- _TASK GOAL_
Exact copies are required of the lines from the line containing "let are_given_back = is_first" through the final line of the listing, both included, and of no other lines.

:::

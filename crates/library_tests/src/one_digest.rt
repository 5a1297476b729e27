//! Two texts beside one digest.

ghost use Rattle.std.specs.Prelude.{◌≡◌, ◌<◌, ◌≤◌, ◌^◌, length, IfOk};
ghost use Rattle.blob_pool.specs.Slots.{count_at};
ghost use Rattle.blob_pool.specs.Moves.{Moves, HasRoom, no_holders, one_at};

use crate::texts::is_read;
use blob_pool::{Draft, Kept, Pool, keep, release_kept};
use digest::{Digest, HashFunction};
use keyed_maps::MapKey;
use std::alloc::{AllocError, Global};

/// Holds a text beside a digest, and says whether that names it.
fn hold_beside(
    alloc: Global,
    pool: &mut Pool,
    digest: &Digest,
    text: &[u8],
) -> Result<(bool, Kept), AllocError>
    requires room { HasRoom pool.old }
    requires most { length text.now ≤ 2 ^ 48 }
    ensures { IfOk result (λ held. Moves pool.old pool.new no_holders (one_at held.1)) }
{
    let mut draft = Draft::new(alloc, digest.function());
    draft.push(text)?;
    let is_named = draft.names(digest);
    match pool.seal(draft) {
        Ok(hold) => Ok((is_named, keep(hold))),
        Err(_draft) => Err(AllocError),
    }
}

/// Whether the text that is kept is this one. It is released.
fn is_given_back(
    alloc: Global,
    pool: &mut Pool,
    kept: Kept,
    text: &[u8],
) -> Result<bool, AllocError>
    requires { 0 < count_at pool.old kept }
    ensures { Moves pool.old pool.new (one_at kept) no_holders }
{
    let is_read = is_read(alloc, pool, kept, text);
    release_kept(pool, kept);
    is_read
}

/// Whether two texts beside one digest both stand and are given back as themselves, and one text
/// beside its digests by both functions stands once.
pub fn both_stand(alloc: Global) -> Result<bool, AllocError> {
    let mut pool = Pool::new(alloc, MapKey::known());
    let named = Digest::of(b"first");
    let other = Digest::by(HashFunction::Sha512, b"first");
    let first = hold_beside(alloc, &mut pool, &named, b"first")?;
    let second = hold_beside(alloc, &mut pool, &named, b"second")?;
    let again = hold_beside(alloc, &mut pool, &other, b"first")?;
    let (texts, bytes) = pool.stored();
    let is_first = is_given_back(alloc, &mut pool, first.1, b"first")?;
    let is_second = is_given_back(alloc, &mut pool, second.1, b"second")?;
    let is_again = is_given_back(alloc, &mut pool, again.1, b"first")?;
    let are_named_right = first.0 && !second.0 && again.0;
    let are_given_back = is_first && is_second && is_again;
    Ok(are_named_right && are_given_back && texts == 2 && bytes == 11 && pool.stored().0 == 0)
}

:::

- _EXERCISE RESULT_
    let are_given_back = is_first && is_second && is_again;
    Ok(are_named_right && are_given_back && texts == 2 && bytes == 11 && pool.stored().0 == 0)
}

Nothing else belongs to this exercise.